WORK TASK>
State how many lines in the records hold the word "BTreeSet", giving the number and no other text.

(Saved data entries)
• • • • •

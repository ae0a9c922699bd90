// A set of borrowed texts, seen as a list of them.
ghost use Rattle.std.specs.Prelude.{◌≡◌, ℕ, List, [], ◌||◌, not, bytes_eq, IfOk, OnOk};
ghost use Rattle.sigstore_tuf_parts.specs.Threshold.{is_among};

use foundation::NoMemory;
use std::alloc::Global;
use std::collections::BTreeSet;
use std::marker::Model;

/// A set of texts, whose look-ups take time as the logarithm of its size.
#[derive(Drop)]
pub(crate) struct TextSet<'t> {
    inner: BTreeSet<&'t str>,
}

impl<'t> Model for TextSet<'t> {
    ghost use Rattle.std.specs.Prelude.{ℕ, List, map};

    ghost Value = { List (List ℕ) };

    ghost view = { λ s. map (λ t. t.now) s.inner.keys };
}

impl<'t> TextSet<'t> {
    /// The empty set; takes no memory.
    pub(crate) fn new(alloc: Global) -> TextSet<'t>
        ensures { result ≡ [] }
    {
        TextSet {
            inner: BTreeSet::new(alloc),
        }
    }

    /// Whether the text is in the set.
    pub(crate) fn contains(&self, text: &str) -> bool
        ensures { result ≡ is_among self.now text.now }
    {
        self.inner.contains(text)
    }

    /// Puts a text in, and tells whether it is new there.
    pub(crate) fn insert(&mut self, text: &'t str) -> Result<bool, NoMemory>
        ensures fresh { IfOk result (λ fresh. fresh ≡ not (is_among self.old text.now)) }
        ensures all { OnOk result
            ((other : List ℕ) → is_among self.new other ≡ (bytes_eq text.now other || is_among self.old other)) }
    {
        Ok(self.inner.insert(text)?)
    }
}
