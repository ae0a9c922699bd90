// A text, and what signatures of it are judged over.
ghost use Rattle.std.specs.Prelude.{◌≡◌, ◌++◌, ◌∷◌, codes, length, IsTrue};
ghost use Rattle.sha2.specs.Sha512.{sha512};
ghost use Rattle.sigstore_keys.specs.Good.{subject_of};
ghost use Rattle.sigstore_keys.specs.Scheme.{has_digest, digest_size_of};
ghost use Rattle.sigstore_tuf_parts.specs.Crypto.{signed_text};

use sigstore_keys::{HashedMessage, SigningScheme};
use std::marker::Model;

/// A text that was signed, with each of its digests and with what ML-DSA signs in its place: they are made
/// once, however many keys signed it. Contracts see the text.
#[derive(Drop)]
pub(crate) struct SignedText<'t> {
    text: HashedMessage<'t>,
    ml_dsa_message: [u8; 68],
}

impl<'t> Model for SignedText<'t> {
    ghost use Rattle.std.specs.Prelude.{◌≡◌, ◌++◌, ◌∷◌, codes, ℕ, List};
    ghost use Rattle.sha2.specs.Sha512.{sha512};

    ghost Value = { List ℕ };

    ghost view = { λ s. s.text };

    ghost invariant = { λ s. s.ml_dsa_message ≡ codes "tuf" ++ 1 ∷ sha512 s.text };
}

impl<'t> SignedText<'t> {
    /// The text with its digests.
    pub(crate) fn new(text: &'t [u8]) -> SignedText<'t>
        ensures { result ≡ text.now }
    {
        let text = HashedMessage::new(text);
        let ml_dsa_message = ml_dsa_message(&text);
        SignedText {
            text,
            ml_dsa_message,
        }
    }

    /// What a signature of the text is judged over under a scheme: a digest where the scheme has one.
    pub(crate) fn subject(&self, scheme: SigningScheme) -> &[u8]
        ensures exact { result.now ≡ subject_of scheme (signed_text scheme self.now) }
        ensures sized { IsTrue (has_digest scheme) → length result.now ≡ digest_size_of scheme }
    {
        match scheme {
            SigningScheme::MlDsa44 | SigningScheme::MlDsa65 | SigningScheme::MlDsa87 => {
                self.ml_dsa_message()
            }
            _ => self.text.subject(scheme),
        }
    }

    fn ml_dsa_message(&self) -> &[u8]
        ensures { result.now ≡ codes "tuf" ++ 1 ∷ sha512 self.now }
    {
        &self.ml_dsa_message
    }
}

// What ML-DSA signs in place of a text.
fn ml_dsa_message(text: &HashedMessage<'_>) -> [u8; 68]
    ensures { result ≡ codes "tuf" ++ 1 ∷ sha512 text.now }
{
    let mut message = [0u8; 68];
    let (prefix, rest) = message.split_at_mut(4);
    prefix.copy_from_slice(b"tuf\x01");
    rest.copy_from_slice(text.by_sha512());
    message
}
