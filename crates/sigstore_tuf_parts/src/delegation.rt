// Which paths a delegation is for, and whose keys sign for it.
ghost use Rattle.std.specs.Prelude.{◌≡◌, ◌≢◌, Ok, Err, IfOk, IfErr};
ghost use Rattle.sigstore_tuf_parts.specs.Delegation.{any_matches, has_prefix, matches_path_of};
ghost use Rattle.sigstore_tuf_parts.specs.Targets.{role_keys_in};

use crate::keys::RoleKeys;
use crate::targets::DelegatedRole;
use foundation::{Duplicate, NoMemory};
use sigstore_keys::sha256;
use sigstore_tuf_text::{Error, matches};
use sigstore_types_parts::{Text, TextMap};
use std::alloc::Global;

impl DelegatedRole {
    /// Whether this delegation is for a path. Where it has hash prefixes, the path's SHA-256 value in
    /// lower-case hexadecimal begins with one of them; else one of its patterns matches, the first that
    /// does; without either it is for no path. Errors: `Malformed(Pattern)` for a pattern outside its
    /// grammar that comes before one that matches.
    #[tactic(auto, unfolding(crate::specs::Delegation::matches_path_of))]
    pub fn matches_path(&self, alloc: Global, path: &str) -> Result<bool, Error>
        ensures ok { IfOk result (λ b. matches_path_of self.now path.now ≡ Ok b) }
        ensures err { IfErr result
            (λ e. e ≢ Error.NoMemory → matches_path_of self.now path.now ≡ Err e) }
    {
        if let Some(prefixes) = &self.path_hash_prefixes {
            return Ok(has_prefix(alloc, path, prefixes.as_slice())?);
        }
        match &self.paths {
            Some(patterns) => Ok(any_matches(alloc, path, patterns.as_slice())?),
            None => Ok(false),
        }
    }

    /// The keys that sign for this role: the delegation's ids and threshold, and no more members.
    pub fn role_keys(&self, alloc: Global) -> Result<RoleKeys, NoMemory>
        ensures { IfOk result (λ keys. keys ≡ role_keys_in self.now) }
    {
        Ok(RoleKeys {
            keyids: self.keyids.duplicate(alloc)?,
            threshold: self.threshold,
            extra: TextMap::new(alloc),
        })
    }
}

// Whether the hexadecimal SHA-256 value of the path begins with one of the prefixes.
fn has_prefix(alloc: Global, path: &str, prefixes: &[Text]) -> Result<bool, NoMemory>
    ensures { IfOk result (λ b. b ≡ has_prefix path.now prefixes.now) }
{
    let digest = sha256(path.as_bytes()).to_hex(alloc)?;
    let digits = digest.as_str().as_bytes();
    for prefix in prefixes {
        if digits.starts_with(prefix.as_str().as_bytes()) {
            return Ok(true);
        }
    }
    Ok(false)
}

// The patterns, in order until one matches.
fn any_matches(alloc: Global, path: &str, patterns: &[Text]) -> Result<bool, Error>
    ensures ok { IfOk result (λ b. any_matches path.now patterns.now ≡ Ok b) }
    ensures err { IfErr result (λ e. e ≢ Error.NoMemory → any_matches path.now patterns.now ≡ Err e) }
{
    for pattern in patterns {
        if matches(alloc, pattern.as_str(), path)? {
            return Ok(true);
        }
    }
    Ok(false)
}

• • • • •

OUTPUT OF THE TASK>
3